**WORK INSTRUCTIONS**. Show every line in the records below that contains the word "IsNumberingOf".

■ ■ ■ ■ ■

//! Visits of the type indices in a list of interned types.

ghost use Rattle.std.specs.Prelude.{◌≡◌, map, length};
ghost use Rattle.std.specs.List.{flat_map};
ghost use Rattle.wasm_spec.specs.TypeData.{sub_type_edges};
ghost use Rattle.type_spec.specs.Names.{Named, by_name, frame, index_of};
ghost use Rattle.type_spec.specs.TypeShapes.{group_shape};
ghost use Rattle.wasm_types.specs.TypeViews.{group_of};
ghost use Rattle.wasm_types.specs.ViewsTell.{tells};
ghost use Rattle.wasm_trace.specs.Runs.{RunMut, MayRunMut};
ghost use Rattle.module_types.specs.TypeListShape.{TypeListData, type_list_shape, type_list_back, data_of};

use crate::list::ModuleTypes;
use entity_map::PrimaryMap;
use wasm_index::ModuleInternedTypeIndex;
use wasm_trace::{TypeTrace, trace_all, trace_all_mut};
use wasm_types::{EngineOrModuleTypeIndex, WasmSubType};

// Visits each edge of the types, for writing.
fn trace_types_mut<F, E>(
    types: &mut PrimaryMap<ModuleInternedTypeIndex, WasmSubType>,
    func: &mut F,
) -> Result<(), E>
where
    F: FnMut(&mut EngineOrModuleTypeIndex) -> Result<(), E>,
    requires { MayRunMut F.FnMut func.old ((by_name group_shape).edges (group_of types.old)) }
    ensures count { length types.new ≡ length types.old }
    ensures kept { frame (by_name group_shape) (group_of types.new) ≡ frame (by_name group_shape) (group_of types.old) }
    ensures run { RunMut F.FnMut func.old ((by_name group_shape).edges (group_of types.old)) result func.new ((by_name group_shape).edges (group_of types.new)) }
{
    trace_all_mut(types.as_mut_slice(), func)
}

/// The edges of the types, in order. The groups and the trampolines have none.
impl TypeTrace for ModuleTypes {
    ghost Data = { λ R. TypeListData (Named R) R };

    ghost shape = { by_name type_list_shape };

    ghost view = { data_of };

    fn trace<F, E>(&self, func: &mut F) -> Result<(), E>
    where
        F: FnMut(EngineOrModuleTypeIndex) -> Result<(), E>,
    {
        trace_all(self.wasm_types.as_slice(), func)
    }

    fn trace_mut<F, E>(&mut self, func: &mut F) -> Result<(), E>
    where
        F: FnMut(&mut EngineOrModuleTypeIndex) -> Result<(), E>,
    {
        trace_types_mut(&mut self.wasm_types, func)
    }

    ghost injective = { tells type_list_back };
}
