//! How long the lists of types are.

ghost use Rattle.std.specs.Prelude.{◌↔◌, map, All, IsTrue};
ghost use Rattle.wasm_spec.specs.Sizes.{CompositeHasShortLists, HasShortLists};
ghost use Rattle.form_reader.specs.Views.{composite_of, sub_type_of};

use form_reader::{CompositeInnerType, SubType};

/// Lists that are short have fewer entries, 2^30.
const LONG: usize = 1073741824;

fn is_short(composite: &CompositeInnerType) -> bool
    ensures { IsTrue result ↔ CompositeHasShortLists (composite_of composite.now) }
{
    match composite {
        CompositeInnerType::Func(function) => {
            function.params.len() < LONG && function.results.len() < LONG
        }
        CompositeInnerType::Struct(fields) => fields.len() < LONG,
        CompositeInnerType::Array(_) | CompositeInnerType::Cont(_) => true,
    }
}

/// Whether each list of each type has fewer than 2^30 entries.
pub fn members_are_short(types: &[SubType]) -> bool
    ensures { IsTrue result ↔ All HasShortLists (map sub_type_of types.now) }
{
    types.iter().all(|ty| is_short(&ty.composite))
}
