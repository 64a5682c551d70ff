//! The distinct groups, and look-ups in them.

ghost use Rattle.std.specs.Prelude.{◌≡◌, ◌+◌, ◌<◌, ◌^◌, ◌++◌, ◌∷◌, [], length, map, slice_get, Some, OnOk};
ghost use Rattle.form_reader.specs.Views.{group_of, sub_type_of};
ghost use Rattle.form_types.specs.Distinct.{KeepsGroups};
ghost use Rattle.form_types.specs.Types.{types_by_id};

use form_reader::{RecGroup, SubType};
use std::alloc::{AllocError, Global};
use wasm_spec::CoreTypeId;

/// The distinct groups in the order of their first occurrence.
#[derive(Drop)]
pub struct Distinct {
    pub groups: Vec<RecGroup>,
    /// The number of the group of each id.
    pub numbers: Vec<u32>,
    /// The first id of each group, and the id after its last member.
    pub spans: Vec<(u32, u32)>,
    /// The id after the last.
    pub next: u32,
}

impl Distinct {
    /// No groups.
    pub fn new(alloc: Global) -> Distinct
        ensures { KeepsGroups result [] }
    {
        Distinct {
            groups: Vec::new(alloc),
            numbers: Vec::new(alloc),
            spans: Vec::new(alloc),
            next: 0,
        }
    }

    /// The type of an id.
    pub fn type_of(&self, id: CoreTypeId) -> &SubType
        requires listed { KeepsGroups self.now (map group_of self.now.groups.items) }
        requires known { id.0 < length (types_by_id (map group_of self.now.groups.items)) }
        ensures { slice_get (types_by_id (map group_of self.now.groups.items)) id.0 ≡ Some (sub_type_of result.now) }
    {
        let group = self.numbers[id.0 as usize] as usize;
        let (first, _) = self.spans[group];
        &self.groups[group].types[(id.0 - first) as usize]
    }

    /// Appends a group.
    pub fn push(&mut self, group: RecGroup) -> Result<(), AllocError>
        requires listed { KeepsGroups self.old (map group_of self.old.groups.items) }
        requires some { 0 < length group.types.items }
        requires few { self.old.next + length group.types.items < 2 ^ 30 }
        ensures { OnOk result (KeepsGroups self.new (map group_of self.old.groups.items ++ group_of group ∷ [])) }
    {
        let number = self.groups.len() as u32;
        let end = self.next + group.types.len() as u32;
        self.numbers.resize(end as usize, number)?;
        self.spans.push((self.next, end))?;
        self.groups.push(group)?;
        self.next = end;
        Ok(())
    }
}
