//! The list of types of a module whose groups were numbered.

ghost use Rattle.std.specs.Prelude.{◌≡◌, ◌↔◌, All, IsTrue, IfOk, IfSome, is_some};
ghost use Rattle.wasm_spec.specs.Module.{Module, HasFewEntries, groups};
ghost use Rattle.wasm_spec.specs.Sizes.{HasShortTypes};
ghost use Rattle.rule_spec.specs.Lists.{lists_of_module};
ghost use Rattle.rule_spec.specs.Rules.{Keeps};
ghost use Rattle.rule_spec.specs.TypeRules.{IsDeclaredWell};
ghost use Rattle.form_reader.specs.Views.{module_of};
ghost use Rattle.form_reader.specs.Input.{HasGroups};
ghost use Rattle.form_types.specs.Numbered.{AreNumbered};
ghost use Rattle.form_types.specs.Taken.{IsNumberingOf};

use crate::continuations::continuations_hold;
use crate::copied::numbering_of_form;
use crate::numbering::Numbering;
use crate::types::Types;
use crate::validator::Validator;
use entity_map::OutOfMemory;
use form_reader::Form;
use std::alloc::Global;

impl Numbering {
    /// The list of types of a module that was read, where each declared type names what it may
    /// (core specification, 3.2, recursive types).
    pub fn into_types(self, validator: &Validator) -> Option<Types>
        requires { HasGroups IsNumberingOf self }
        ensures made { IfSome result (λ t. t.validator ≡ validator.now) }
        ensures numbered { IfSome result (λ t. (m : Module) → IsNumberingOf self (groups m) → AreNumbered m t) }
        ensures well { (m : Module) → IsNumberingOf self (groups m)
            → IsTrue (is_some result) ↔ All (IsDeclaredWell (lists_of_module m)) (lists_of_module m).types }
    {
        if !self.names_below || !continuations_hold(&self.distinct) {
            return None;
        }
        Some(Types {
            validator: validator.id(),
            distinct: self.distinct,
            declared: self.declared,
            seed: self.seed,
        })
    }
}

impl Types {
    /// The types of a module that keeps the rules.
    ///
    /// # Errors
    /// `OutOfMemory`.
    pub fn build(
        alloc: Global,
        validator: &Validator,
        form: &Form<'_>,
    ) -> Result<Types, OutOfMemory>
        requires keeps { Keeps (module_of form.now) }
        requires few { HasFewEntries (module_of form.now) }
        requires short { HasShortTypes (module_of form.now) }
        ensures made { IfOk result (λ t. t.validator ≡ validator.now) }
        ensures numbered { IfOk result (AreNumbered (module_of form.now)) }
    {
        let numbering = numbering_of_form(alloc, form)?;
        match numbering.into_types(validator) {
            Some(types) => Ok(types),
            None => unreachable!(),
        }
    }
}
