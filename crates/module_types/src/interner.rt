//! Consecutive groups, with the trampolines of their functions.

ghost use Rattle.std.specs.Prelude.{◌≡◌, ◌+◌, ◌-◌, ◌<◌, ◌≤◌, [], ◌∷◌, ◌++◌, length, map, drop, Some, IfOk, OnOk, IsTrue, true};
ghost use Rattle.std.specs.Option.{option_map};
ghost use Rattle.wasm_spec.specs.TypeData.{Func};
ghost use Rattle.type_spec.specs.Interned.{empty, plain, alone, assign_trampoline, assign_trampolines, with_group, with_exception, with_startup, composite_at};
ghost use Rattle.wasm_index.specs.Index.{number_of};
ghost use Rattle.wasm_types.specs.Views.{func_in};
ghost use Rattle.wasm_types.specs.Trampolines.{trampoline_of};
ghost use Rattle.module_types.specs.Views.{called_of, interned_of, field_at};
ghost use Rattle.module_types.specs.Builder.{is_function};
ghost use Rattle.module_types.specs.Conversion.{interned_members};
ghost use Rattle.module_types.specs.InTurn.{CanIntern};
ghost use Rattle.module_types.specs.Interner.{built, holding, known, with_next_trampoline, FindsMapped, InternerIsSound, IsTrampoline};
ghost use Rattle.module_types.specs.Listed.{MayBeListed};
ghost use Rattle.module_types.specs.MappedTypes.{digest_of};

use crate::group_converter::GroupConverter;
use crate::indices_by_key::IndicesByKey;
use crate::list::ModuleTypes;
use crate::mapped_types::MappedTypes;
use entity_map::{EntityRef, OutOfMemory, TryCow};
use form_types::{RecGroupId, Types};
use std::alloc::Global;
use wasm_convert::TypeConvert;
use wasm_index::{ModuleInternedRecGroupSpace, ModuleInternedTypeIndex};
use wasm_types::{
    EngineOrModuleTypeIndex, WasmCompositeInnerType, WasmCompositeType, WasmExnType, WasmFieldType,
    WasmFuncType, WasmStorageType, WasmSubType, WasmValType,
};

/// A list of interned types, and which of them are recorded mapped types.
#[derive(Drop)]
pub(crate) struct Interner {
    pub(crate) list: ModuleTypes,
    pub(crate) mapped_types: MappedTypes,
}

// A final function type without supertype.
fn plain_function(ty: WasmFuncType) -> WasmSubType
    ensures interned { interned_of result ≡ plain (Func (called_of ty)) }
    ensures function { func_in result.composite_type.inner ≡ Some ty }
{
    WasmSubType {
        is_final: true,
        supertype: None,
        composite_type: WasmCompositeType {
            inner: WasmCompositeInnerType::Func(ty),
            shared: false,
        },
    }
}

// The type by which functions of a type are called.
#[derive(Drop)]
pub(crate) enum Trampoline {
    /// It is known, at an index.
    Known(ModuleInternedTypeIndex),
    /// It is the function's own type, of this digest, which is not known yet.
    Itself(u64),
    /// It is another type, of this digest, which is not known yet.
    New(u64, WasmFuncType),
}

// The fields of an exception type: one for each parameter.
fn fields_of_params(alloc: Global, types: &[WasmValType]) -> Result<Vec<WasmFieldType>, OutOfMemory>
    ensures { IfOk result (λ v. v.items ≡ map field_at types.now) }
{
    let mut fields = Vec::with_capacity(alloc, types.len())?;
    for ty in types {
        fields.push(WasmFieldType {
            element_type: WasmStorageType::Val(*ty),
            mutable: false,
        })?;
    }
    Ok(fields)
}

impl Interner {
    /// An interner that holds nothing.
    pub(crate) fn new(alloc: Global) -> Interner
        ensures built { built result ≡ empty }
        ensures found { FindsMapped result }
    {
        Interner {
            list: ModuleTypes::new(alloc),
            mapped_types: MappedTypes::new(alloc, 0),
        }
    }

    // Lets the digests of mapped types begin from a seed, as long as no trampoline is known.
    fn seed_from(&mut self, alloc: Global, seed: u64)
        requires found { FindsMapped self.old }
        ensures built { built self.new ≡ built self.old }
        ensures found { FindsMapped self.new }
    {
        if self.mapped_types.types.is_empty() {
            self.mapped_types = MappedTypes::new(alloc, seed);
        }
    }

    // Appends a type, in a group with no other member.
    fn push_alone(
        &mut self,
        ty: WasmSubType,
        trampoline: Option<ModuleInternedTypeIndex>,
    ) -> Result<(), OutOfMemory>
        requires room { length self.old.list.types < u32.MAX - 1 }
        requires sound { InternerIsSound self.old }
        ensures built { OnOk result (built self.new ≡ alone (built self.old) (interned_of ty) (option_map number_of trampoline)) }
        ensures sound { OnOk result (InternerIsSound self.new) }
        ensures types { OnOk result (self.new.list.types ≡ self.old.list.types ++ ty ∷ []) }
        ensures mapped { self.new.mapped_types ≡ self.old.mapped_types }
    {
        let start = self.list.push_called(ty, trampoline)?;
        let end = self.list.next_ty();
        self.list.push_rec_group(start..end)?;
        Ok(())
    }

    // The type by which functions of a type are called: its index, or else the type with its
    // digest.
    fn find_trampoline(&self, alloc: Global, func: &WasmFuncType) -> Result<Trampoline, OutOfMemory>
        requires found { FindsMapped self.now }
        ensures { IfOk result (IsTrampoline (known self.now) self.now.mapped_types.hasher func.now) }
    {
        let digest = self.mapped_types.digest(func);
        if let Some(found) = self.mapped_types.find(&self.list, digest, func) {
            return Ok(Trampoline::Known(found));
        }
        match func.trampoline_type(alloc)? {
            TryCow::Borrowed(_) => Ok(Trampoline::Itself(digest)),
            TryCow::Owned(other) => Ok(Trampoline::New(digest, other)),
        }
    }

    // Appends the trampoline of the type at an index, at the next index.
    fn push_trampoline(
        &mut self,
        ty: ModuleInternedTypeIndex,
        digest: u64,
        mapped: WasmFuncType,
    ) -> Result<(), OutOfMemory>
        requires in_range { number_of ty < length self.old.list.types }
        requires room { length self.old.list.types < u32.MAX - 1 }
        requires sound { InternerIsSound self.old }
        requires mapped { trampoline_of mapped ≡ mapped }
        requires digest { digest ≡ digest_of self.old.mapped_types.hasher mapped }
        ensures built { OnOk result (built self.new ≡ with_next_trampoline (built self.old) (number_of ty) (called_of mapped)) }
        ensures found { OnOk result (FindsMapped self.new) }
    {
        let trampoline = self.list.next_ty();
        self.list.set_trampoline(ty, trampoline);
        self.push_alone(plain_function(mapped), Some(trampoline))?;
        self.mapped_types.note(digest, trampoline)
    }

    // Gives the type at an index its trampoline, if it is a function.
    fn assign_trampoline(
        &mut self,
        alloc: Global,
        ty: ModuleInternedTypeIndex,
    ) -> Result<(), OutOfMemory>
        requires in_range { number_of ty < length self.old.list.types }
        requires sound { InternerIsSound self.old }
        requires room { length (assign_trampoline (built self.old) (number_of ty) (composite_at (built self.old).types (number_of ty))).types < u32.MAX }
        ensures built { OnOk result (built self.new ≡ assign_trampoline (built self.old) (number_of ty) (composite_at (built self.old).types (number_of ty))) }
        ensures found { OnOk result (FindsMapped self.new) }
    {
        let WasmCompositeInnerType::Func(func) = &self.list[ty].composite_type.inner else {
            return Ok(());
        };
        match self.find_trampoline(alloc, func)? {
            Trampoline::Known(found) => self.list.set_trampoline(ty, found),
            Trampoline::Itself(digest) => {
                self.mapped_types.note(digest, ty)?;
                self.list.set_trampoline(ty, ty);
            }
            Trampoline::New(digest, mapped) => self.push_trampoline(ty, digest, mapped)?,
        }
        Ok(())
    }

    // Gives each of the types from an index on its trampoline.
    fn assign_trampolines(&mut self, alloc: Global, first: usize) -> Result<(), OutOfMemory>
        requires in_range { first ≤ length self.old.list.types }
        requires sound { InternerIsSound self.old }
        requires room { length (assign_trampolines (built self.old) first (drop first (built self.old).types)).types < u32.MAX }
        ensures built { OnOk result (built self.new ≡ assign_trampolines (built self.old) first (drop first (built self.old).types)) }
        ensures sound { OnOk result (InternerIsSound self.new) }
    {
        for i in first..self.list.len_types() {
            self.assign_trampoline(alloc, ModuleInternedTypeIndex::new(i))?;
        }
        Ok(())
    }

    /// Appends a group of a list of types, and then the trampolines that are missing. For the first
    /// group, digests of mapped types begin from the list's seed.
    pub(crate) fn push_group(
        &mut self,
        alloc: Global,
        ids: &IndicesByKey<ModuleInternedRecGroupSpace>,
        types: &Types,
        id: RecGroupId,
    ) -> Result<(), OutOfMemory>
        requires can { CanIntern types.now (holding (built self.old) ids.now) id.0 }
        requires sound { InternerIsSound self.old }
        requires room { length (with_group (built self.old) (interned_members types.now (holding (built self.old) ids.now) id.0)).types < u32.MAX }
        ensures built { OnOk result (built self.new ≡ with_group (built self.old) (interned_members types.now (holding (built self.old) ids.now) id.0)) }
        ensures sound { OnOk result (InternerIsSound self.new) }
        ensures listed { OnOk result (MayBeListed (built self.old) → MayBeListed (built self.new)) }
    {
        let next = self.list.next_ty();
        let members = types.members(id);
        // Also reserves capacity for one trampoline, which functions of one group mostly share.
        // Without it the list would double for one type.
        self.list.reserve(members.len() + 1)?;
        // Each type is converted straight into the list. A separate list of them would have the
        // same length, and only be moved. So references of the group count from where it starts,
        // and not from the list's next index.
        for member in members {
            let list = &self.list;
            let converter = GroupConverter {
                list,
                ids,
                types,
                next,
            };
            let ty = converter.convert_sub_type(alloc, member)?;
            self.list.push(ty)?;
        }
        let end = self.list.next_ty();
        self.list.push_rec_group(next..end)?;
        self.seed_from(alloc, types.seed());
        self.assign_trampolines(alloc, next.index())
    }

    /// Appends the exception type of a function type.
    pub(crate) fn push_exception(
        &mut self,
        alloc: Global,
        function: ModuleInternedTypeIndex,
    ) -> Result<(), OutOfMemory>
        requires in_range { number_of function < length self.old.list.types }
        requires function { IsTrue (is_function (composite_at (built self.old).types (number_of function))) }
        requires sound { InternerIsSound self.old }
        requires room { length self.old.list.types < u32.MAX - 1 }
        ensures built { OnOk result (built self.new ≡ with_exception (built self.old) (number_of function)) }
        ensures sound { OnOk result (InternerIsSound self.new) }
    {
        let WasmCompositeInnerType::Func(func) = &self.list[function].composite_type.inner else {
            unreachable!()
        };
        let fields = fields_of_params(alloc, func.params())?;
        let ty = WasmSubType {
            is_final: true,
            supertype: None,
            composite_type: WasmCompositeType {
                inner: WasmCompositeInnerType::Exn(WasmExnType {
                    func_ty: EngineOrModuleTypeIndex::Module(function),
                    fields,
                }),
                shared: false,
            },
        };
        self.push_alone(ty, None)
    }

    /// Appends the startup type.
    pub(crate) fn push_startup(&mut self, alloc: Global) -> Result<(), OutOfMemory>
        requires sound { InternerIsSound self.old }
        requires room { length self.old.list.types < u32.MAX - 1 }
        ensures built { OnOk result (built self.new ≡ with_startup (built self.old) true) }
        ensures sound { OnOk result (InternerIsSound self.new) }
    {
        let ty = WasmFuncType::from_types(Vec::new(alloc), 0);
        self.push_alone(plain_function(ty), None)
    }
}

■ ■ ■ ■ ■

**RESULT**.
ghost use Rattle.form_types.specs.Taken.{IsNumberingOf};
        requires { HasGroups IsNumberingOf self }
        ensures numbered { IfSome result (λ t. (m : Module) → IsNumberingOf self (groups m) → AreNumbered m t) }
        ensures well { (m : Module) → IsNumberingOf self (groups m)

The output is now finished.